RECORDED INFORMATION:
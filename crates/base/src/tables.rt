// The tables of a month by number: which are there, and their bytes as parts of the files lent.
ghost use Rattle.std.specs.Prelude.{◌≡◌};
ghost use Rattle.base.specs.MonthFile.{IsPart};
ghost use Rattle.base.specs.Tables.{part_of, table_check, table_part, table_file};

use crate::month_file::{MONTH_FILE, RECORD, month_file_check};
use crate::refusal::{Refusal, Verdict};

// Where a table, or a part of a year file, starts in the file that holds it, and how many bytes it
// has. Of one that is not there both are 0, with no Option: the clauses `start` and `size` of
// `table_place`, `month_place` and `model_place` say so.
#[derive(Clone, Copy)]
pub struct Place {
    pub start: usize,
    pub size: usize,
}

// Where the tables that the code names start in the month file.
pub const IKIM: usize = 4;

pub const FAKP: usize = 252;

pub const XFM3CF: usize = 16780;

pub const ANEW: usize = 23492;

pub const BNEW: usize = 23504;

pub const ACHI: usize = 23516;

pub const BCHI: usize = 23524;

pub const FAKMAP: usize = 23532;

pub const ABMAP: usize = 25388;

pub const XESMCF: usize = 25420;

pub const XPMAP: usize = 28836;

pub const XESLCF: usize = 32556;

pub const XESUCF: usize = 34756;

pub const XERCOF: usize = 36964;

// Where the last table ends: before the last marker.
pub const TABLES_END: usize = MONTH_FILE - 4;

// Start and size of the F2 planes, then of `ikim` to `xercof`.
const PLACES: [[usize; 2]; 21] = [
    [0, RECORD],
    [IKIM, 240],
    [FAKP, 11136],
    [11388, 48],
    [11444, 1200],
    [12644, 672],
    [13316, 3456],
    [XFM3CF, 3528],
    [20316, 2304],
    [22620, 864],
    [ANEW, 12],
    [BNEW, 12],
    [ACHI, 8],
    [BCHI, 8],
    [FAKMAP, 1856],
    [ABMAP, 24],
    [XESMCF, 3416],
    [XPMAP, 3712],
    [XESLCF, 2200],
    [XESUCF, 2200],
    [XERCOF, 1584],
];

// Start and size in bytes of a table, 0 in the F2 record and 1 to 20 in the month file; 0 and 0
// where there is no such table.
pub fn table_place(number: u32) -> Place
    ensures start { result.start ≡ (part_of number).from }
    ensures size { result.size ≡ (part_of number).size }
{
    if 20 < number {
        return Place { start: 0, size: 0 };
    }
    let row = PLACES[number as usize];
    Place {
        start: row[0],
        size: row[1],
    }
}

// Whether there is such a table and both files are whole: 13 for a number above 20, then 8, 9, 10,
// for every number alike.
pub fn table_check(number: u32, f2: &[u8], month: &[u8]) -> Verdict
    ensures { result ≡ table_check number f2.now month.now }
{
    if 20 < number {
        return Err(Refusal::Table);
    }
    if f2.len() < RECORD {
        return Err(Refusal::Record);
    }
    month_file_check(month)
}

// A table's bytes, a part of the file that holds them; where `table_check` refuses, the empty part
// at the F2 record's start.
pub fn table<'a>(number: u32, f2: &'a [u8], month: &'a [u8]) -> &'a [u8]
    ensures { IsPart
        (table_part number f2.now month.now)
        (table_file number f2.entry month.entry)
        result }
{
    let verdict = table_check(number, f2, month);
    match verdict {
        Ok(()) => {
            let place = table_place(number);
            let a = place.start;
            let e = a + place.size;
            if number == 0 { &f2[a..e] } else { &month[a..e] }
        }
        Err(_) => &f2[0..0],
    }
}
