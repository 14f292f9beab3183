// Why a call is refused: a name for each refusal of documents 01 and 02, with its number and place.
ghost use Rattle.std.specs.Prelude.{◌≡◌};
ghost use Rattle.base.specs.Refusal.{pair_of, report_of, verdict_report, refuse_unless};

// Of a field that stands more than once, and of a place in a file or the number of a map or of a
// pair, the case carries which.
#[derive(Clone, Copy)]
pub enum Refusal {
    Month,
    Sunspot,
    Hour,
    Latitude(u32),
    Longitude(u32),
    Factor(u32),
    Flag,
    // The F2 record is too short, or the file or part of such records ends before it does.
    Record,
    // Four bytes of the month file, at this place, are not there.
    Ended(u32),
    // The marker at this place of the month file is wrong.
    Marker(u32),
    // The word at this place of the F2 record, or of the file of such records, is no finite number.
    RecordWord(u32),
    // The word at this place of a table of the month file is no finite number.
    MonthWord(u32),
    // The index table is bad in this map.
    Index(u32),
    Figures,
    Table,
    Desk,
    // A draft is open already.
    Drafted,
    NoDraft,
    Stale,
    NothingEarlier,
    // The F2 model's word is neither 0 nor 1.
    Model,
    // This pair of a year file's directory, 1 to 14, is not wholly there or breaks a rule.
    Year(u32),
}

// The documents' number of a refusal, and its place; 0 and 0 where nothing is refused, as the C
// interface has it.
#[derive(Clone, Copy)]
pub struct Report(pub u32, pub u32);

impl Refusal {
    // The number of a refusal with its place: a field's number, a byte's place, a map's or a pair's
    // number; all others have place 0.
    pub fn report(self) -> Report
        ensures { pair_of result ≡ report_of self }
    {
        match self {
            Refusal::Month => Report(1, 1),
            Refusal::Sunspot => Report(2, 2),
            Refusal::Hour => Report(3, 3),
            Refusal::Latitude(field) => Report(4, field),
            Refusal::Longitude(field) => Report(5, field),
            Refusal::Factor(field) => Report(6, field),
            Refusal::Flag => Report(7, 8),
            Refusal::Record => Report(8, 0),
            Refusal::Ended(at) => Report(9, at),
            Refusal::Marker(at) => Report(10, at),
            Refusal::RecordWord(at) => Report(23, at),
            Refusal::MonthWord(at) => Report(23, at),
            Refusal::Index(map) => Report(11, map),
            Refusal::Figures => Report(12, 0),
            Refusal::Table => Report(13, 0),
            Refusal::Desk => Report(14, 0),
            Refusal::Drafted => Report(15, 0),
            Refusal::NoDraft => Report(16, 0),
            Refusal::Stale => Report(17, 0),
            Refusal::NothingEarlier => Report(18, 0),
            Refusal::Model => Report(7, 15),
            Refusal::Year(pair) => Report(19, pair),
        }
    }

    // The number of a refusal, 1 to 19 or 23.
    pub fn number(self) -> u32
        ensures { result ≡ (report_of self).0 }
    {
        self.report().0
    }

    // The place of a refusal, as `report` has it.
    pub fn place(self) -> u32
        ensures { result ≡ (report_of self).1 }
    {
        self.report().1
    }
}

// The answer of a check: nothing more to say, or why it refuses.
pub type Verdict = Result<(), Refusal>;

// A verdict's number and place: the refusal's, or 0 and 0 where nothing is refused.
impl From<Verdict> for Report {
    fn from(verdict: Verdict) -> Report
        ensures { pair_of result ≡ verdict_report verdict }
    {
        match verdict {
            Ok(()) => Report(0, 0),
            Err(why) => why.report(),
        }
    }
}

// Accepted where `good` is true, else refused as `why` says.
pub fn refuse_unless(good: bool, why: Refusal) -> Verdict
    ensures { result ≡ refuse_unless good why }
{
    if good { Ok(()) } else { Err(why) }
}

EXERCISE DESCRIPTION: Some lines in the data above hold the string "field". Find and copy each of them.

RESULT OF THE EXERCISE:
// Of a field that stands more than once, and of a place in a file or the number of a map or of a
    // The number of a refusal with its place: a field's number, a byte's place, a map's or a pair's
            Refusal::Latitude(field) => Report(4, field),
            Refusal::Longitude(field) => Report(5, field),
            Refusal::Factor(field) => Report(6, field),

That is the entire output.